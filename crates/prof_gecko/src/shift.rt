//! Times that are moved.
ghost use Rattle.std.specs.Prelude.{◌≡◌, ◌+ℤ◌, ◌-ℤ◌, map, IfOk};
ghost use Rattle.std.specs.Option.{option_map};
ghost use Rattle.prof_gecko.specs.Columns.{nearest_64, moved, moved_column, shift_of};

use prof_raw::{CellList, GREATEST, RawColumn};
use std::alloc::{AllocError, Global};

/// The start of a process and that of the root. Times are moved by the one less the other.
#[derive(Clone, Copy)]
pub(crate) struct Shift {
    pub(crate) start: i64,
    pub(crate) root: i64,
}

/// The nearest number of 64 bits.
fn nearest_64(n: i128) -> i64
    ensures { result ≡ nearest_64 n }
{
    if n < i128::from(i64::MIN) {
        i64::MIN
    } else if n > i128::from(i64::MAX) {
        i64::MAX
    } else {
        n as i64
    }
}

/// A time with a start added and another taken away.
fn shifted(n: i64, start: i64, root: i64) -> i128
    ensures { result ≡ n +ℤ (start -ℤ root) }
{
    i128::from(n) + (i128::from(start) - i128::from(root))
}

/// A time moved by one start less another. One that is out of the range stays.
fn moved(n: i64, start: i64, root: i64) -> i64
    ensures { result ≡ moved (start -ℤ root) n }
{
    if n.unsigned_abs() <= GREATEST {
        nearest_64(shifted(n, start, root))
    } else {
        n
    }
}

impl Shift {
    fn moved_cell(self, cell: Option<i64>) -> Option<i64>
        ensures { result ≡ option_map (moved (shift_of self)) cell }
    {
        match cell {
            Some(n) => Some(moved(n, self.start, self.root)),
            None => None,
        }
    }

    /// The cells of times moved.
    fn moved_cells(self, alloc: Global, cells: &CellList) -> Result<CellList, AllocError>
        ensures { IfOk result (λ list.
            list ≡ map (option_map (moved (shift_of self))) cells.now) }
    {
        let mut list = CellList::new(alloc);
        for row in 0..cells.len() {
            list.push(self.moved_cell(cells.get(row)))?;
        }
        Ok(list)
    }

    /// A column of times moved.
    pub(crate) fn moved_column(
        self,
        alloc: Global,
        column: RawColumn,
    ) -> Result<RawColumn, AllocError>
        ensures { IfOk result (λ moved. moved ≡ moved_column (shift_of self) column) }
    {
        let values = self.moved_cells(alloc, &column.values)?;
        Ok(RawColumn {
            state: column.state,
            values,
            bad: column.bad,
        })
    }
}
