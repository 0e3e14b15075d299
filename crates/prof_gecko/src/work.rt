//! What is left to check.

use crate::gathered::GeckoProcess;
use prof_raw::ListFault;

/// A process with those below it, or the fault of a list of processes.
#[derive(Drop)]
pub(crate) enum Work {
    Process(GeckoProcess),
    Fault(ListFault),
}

EXERCISE - Nothing but the lines holding the word "filename" should be returned from the listing above.

PROBLEM SOLUTION -
filename crates/prof_gecko/src/shift.rt
filename crates/prof_gecko/src/work.rt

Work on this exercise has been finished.